Required action
Each line of the records below that holds "feed" should be copied out.

Stored items
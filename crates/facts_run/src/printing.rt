//! Facts and faults, printed.

use es_facts::{ModuleFault, Parsed};
use es_scope::{EarlyError, Refusal};
use pk_types::{
    BindKind, Binding, ExportEntry, Facts, Form, ImportEntry, Kind, Name, Origin, Ref, Request,
    Sequence, Site, SiteKind,
};
use std::io;

// Bytes as they are, each as a character.
fn show_bytes(rt: &impl Print, bytes: &[u8]) -> io::Result<()> {
    for byte in bytes {
        print!(rt; "{}", *byte as char)?;
    }
    Ok(())
}

fn show_name(rt: &impl Print, before: &str, name: &Name) -> io::Result<()> {
    print!(rt; "{before}")?;
    show_bytes(rt, name.as_slice())
}

fn show_requests(rt: &impl Print, requests: &[Request]) -> io::Result<()> {
    for request in requests {
        let word = match request.form {
            Form::Import => "import",
            Form::Require => "require",
        };
        print!(rt; "; {word}")?;
        if request.json {
            print!(rt; " json")?;
        }
        show_name(rt, " \"", &request.text)?;
        print!(rt; "\"")?;
    }
    Ok(())
}

fn show_numbers(rt: &impl Print, word: &str, numbers: &[u32]) -> io::Result<()> {
    if numbers.is_empty() {
        return Ok(());
    }
    print!(rt; "; {word}")?;
    for number in numbers {
        print!(rt; " {number}")?;
    }
    Ok(())
}

fn show_imports(rt: &impl Print, imports: &[ImportEntry]) -> io::Result<()> {
    for entry in imports {
        print!(rt; "; import {}", entry.request)?;
        match &entry.name {
            Some(name) => show_name(rt, ".", name)?,
            None => print!(rt; ".*")?,
        }
        print!(rt; " at {}", entry.place)?;
    }
    Ok(())
}

fn show_origin(rt: &impl Print, origin: &Origin) -> io::Result<()> {
    match origin {
        Origin::Own(binding) => print!(rt; " own {binding}"),
        Origin::Space(request) => print!(rt; " {request}.*"),
        Origin::Other(request, name) => {
            print!(rt; " {request}")?;
            show_name(rt, ".", name)
        }
    }
}

fn show_exports(rt: &impl Print, exports: &[ExportEntry]) -> io::Result<()> {
    for entry in exports {
        show_name(rt, "; export ", &entry.name)?;
        show_origin(rt, &entry.origin)?;
        print!(rt; " at {}", entry.place)?;
    }
    Ok(())
}

fn show_bindings(rt: &impl Print, bindings: &[Binding]) -> io::Result<()> {
    for binding in bindings {
        let word = match binding.kind {
            BindKind::Var => "; var ",
            BindKind::Let => "; let ",
            BindKind::Const => "; const ",
            BindKind::Class => "; class ",
            BindKind::Function => "; function ",
        };
        show_name(rt, word, &binding.name)?;
    }
    Ok(())
}

fn show_ref(rt: &impl Print, word: &str, to: Ref) -> io::Result<()> {
    match to {
        Ref::Own(binding) => print!(rt; "; {word} own {binding}"),
        Ref::Imported(import) => print!(rt; "; {word} import {import}"),
    }
}

fn show_sites(rt: &impl Print, sites: &[Site]) -> io::Result<()> {
    for site in sites {
        match &site.kind {
            SiteKind::Init(binding) => print!(rt; "; init {binding}")?,
            SiteKind::Read(to) => show_ref(rt, "read", *to)?,
            SiteKind::Write(to) => show_ref(rt, "write", *to)?,
            SiteKind::Member(request, name) => {
                print!(rt; "; member {request}")?;
                show_name(rt, ".", name)?;
            }
            SiteKind::Space(request) => print!(rt; "; space {request}")?,
            SiteKind::Require(request) => print!(rt; "; require {request}")?,
            SiteKind::Import(request) => print!(rt; "; call {request}")?,
        }
        print!(rt; " at {}-{}", site.start, site.end)?;
    }
    Ok(())
}

fn show_names(rt: &impl Print, word: &str, names: &[Name]) -> io::Result<()> {
    if names.is_empty() {
        return Ok(());
    }
    print!(rt; "; {word}")?;
    for name in names {
        show_name(rt, " ", name)?;
    }
    Ok(())
}

/// Prints the kind and then the lists of facts.
pub(crate) fn show_parsed(rt: &impl Print, parsed: &Parsed) -> io::Result<()> {
    let facts = &parsed.facts;
    let word = match facts.kind {
        Kind::Es => "es",
        Kind::Cjs => "cjs",
        Kind::Json => "json",
    };
    print!(rt; " {word}")?;
    show_requests(rt, facts.requests.as_slice())?;
    show_numbers(rt, "order", facts.order.as_slice())?;
    show_imports(rt, facts.imports.as_slice())?;
    show_exports(rt, facts.exports.as_slice())?;
    show_numbers(rt, "stars", facts.stars.as_slice())?;
    show_bindings(rt, facts.bindings.as_slice())?;
    show_sites(rt, facts.sites.as_slice())?;
    show_names(rt, "free", facts.free.as_slice())?;
    show_names(rt, "inner", facts.inner.as_slice())?;
    println!(rt;)
}

fn word_of_error(error: EarlyError) -> &'static str {
    match error {
        EarlyError::DeclaredTwice => "declared twice",
        EarlyError::ExportedTwice => "exported twice",
        EarlyError::ExportsUndeclared => "exports undeclared",
    }
}

fn word_of_refusal(refusal: Refusal) -> &'static str {
    match refusal {
        Refusal::TopLevelAwait => "top-level await",
        Refusal::ComputedImport => "computed import",
        Refusal::ComputedRequire => "computed require",
        Refusal::Eval => "eval",
        Refusal::ImportMeta => "import.meta",
        Refusal::With => "with",
        Refusal::RequireInModule => "require in a module",
        Refusal::RequireMember => "require member",
        Refusal::ModuleHot => "module.hot",
        Refusal::ReservedName => "reserved name",
        Refusal::ImportAttribute => "import attribute",
    }
}

/// Prints a fault, with the byte where it stands.
pub(crate) fn show_fault(rt: &impl Print, fault: ModuleFault) -> io::Result<()> {
    match fault {
        ModuleFault::NotUtf8 => println!(rt; " not UTF-8"),
        ModuleFault::Syntax => println!(rt; " syntax"),
        ModuleFault::Early(error, place, name) => {
            print!(rt; " {}", word_of_error(error))?;
            show_name(rt, " ", &name)?;
            println!(rt; " at {place}")
        }
        ModuleFault::Refused(refusal, place) => {
            println!(rt; " {} at {place}", word_of_refusal(refusal))
        }
        ModuleFault::BadJson => println!(rt; " bad JSON"),
        ModuleFault::NoMemory => println!(rt; " no memory"),
    }
}
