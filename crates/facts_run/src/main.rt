//! Tells the facts of modules, or their first faults.
//!
//! Each line of the standard input names a file of the current folder; a line `= name text` gives the text itself, where `\n` is a
//! line feed and `\\` a backslash. By the end of its name a module is one of ECMAScript (`.mjs`), a script (`.cjs`), JSON (`.json`) or either (any
//! other). For each module a line tells its facts, list by list, or its fault with the byte where it stands. A file may have
//! 256 MiB.
#![tactic(auto)]

ghost use Rattle.std.specs.Prelude.{◌≡◌, ◌<◌, ◌^◌, length};

mod printing;
mod words;

use crate::printing::{show_fault, show_parsed};
use crate::words::{kind_of_name, written};
use es_facts::facts;
use pk_base::{Files, FolderFiles, Path, Read, Steps};
use std::alloc::{AllocError, Global};
use std::io;
use std::io::Read as _;
use std::marker::Brand;
use std::sync::ledger::{Blank, Ledger};

/// The most bytes of a file.
const MAX_FILE_LEN: u32 = 268_435_456;

// The path that a text is, or the root where it is none.
fn path_of(alloc: Global, text: &str) -> Result<Path, AllocError> {
    match Path::root(alloc).join(text.as_bytes())? {
        Some(path) => Ok(path),
        None => Ok(Path::root(alloc)),
    }
}

// Tells what a module of this name and text is.
fn tell<L: Ledger>(
    rt: &impl Print,
    alloc: Global,
    name: &str,
    text: &[u8],
    steps: &mut Steps<L>,
) -> io::Result<()> {
    print!(rt; "{name}:")?;
    if text.len() > 0xffff_ffff {
        return println!(rt; " too long");
    }
    match facts(alloc, kind_of_name(name), text, steps) {
        Ok(parsed) => show_parsed(rt, &parsed),
        Err(fault) => show_fault(rt, fault),
    }
}

// Tells what a file is.
fn tell_file<F: Files, L: Ledger>(
    rt: &impl Print,
    alloc: Global,
    files: &mut F,
    name: &str,
    steps: &mut Steps<L>,
) -> io::Result<()> {
    match files.read(&path_of(alloc, name)?, MAX_FILE_LEN) {
        Ok(Read::Bytes(text)) => tell(rt, alloc, name, text.as_slice(), steps),
        Ok(Read::Absent) => println!(rt; "{name}: absent"),
        Ok(Read::Longer) => println!(rt; "{name}: too long"),
        Err(_) => println!(rt; "{name}: not read"),
    }
}

// Tells what the module of a line is.
fn tell_line<F: Files, L: Ledger>(
    rt: &impl Print,
    alloc: Global,
    files: &mut F,
    line: &str,
    steps: &mut Steps<L>,
) -> io::Result<()> {
    let Some(module) = line.strip_prefix("= ") else {
        return tell_file(rt, alloc, files, line, steps);
    };
    let (name, text) = module.split_once(' ').unwrap_or((module, ""));
    tell(rt, alloc, name, written(alloc, text)?.as_slice(), steps)
}

// Goes through the lines.
fn go<L: Ledger>(rt: &HostRuntime, blank: Blank) -> io::Result<()>
    requires name { blank.name ≡ L.name }
    requires parts { blank.parts ≡ L.parts }
    requires some { 0 < blank.parts }
{
    let alloc = rt.alloc();
    let mut steps = Steps::<L>::start(blank);
    let mut files = FolderFiles::new(rt.clone()?, alloc)?;
    let mut input = String::new(alloc);
    rt.reader().read_to_string(&mut input)?;
    for line in input.lines() {
        tell_line(rt, alloc, &mut files, line, &mut steps)?;
    }
    Ok(())
}

fn main(rt: HostRuntime) -> io::Result<()> {
    go::<Brand>(&rt, Blank::new(1))
}
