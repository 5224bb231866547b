//! Names of modules, and texts on a line.

use pk_types::NameKind;
use std::alloc::{AllocError, Global};

/// What the end of a module's name says of it.
pub(crate) fn kind_of_name(name: &str) -> NameKind {
    match name.rsplit_once('.') {
        Some((_, "mjs")) => NameKind::Module,
        Some((_, "cjs")) => NameKind::Common,
        Some((_, "json")) => NameKind::Json,
        _ => NameKind::Either,
    }
}

/// The text that a line writes: `\n` is a line feed there, and `\\` a backslash.
pub(crate) fn written(alloc: Global, line: &str) -> Result<Vec<u8>, AllocError> {
    let mut text = Vec::with_capacity(alloc, line.len())?;
    let mut escaped = false;
    for byte in line.as_bytes() {
        if escaped {
            text.push(if *byte == b'n' { b'\n' } else { *byte })?;
            escaped = false;
        } else if *byte == b'\\' {
            escaped = true;
        } else {
            text.push(*byte)?;
        }
    }
    Ok(text)
}
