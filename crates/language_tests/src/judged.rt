//! Configurations of the model that is given. `at VALUE ..` asks what is broken first, for the two
//! objectives, and for the value of the first one's expression.
ghost use Rattle.std.specs.Prelude.{◌≡◌, ◌<◌, ◌^◌, true, length, pos, slice_index_or};
ghost use Rattle.class_table.specs.Outline.{Outline};
ghost use Rattle.conf_types.specs.Typing.{IsTypedModel};
ghost use Rattle.object_alloc.specs.Configurations.{IsConfiguration, IsInDomain};
ghost use Rattle.conf_limits.specs.Measures.{model_narrow};

use conf_eval::{BrokenAt, Env, Value, eval, limits, objectives, satisfied};
use conf_types::TypedModel;
use object_alloc::{Config, Domain, ObjectList, Objects, allocate};
use std::alloc::{AllocError, Global};
use test_case_files::{Case, Subject, numbers_of};
use test_models::typed_of;

/// What is asked of configurations.
#[derive(Drop)]
pub(crate) struct Judged;

/// What is broken first, the values of two objectives, and that of the first one's expression.
type Found = (Option<BrokenAt>, i64, i64, i64);

/// Whether the value of this number lies in a range of numbers; false where the domain is an
/// extent.
fn is_in(domain: Domain, values: &[i64], i: usize) -> bool
    requires there { i < length values.now }
    ensures inside { (o : Outline) → result ≡ true
        → IsInDomain o domain (slice_index_or values.now i (pos 0)) }
{
    match domain {
        Domain::Span(low, high) => low <= values[i] && values[i] <= high,
        Domain::Extent(_) => false,
    }
}

/// Whether these values are a configuration of objects whose cells all hold numbers.
fn are_values(objects: &Objects<'_>, values: &[i64]) -> bool
    ensures configuration { result ≡ true → IsConfiguration objects.now values.now }
{
    let cells = objects.cells();
    if cells.len() != values.len() {
        return false;
    }
    for i in 0..cells.len() {
        if !is_in(cells[i].domain, values, i) {
            return false;
        }
    }
    true
}

/// The value of the first objective's expression; 0 where there is none, or it is no number.
fn first_value(
    alloc: Global,
    m: &TypedModel,
    objects: &Objects<'_>,
    config: &Config,
) -> Result<i64, AllocError>
    requires typed { IsTypedModel objects.now m.now.constraints m.now.goals }
    requires narrow { model_narrow objects.now m.now.constraints m.now.goals ≡ true }
    requires config { IsConfiguration objects.now config.now }
{
    let env = Env {
        this_object: None,
        vars: ObjectList::of(Vec::new(alloc)),
    };
    let goals = m.goals();
    if goals.len() == 0 {
        return Ok(0);
    }
    let goal = &goals[0];
    let value = eval(alloc, m, objects, config, &env, &goal.expr)?;
    match value {
        Value::Int(number) => Ok(number),
        _ => Ok(0),
    }
}

/// What the calls find at a configuration; None where the model is too costly, has not two
/// objectives, or the values don't fit.
fn found_at(
    alloc: Global,
    m: &TypedModel,
    objects: &Objects<'_>,
    values: &[i64],
) -> Result<Option<Found>, AllocError>
    requires typed { IsTypedModel objects.now m.now.constraints m.now.goals }
    requires few { length m.now.constraints < 2 ^ 32 }
{
    if limits(m, objects).is_err() {
        return Ok(None);
    }
    let config = Config::of(values.to_vec(alloc)?);
    if !are_values(objects, config.items()) {
        return Ok(None);
    }
    let broken = satisfied(alloc, m, objects, &config)?;
    let first = first_value(alloc, m, objects, &config)?;
    let numbers = objectives(alloc, m, objects, &config)?;
    match numbers.items() {
        [one, two] => Ok(Some((broken, *one, *two, first))),
        _ => Ok(None),
    }
}

/// What is found, as a text.
fn found_text(alloc: Global, found: &Found) -> Result<String, AllocError> {
    let (broken, one, two, first) = *found;
    match broken {
        Some(broken) => format!(in alloc; "{broken:?} | {one} {two} {first}"),
        None => format!(in alloc; "nothing | {one} {two} {first}"),
    }
}

impl Subject for Judged {
    fn answer(&mut self, alloc: Global, case: &Case<'_>) -> Result<String, AllocError> {
        let Some(typed) = typed_of(alloc, &case.given) else {
            return String::from_str(alloc, "no model");
        };
        let Ok(objects) = allocate(alloc, &typed.table) else {
            return String::from_str(alloc, "no objects");
        };
        let values = numbers_of(alloc, &case.text)?;
        match found_at(alloc, &typed.model, &objects, &values)? {
            Some(found) => found_text(alloc, &found),
            None => String::from_str(alloc, "not judged"),
        }
    }
}
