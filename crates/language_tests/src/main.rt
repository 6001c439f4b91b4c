//! Tests of the language: texts, typed models, objects, values, limits and JSON. The program runs
//! the cases of the files in `data`, and prints of each file how many came out as they say.
#![tactic(auto)]

mod declarations;
mod json;
mod judged;
mod objects;
mod parts;
mod paths;
mod tokens;
mod trees;
mod weights;

use declarations::Declarations;
use json::Json;
use judged::Judged;
use objects::ObjectsOfTexts;
use parts::Parts;
use paths::Paths;
use std::alloc::AllocError;
use std::process::ExitCode;
use test_case_files::run_file;
use tokens::Tokens;
use trees::Trees;
use weights::Weights;

/// Runs all files.
fn run_files(rt: &HostRuntime) -> Result<(), AllocError> {
    run_file(rt, "tokens.cases", &mut Tokens)?;
    run_file(rt, "trees.cases", &mut Trees)?;
    run_file(rt, "declarations.cases", &mut Declarations)?;
    run_file(rt, "parts.cases", &mut Parts)?;
    run_file(rt, "objects.cases", &mut ObjectsOfTexts)?;
    run_file(rt, "paths.cases", &mut Paths)?;
    run_file(rt, "weights.cases", &mut Weights)?;
    run_file(rt, "judged.cases", &mut Judged)?;
    run_file(rt, "texts.cases", &mut Json)?;
    run_file(rt, "hints.cases", &mut Json)?;
    run_file(rt, "former.cases", &mut Json)
}

fn main(rt: HostRuntime) -> ExitCode {
    match run_files(&rt) {
        Ok(()) => ExitCode::from(0),
        Err(_) => ExitCode::from(12),
    }
}
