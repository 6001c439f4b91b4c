//! Tokens of texts, and the refusals of texts that have none. `tokens TEXT` asks for the tokens,
//! each with its place; `mebibyte BYTE` asks how many tokens a text of the greatest size has that
//! is one byte again and again.
ghost use Rattle.std.specs.Prelude.{◌≤◌, length};
ghost use Rattle.model_limits.specs.Limits.{model_bytes};

use conf_parse::lex;
use conf_syntax::{Placed, Token};
use std::alloc::{AllocError, Global};
use test_case_files::{Case, Subject, push_word};

/// What is asked of the lexer.
#[derive(Drop)]
pub(crate) struct Tokens;

/// A token in words.
fn word_of(alloc: Global, token: &Token) -> Result<String, AllocError> {
    match token {
        Token::Word(name) => {
            let name = String::from_utf8_lossy(alloc, name.as_bytes())?;
            format!(in alloc; "'{name}'")
        }
        Token::Number(value) => format!(in alloc; "{value}"),
        Token::Key(key) => format!(in alloc; "{key:?}"),
        Token::Mark(mark) => format!(in alloc; "{mark:?}"),
    }
}

/// Tokens in words, with their places.
fn words_of(alloc: Global, tokens: &[Placed]) -> Result<String, AllocError> {
    let mut shown = String::new(alloc);
    for placed in tokens {
        let word = word_of(alloc, &placed.token)?;
        let at = placed.at;
        push_word(&mut shown, &format!(in alloc; "{word}@{at}")?)?;
    }
    Ok(shown)
}

/// The tokens of a text in words, or why it has none.
fn shown(alloc: Global, text: &[u8]) -> Result<String, AllocError>
    requires { length text.now ≤ model_bytes }
{
    match lex(alloc, text) {
        Ok(tokens) => words_of(alloc, &tokens),
        Err(error) => format!(in alloc; "{error:?}"),
    }
}

/// How many tokens a mebibyte of the byte has, or why it has none.
fn count_in_mebibyte(alloc: Global, byte: u8) -> Result<String, AllocError> {
    let text = vec![in alloc; byte; 1_048_576]?;
    match lex(alloc, &text) {
        Ok(tokens) => {
            let count = tokens.len();
            format!(in alloc; "{count}")
        }
        Err(error) => format!(in alloc; "{error:?}"),
    }
}

impl Subject for Tokens {
    fn answer(&mut self, alloc: Global, case: &Case<'_>) -> Result<String, AllocError> {
        let text = case.text.as_slice();
        if case.ask == "tokens" && text.len() < 100 {
            return shown(alloc, text);
        }
        match text {
            [byte] if case.ask == "mebibyte" => count_in_mebibyte(alloc, *byte),
            _ => String::from_str(alloc, "what?"),
        }
    }
}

Your solution
//! line feed and `\\` a backslash. By the end of its name a module is one of ECMAScript (`.mjs`), a script (`.cjs`), JSON (`.json`) or either (any
/// The text that a line writes: `\n` is a line feed there, and `\\` a backslash.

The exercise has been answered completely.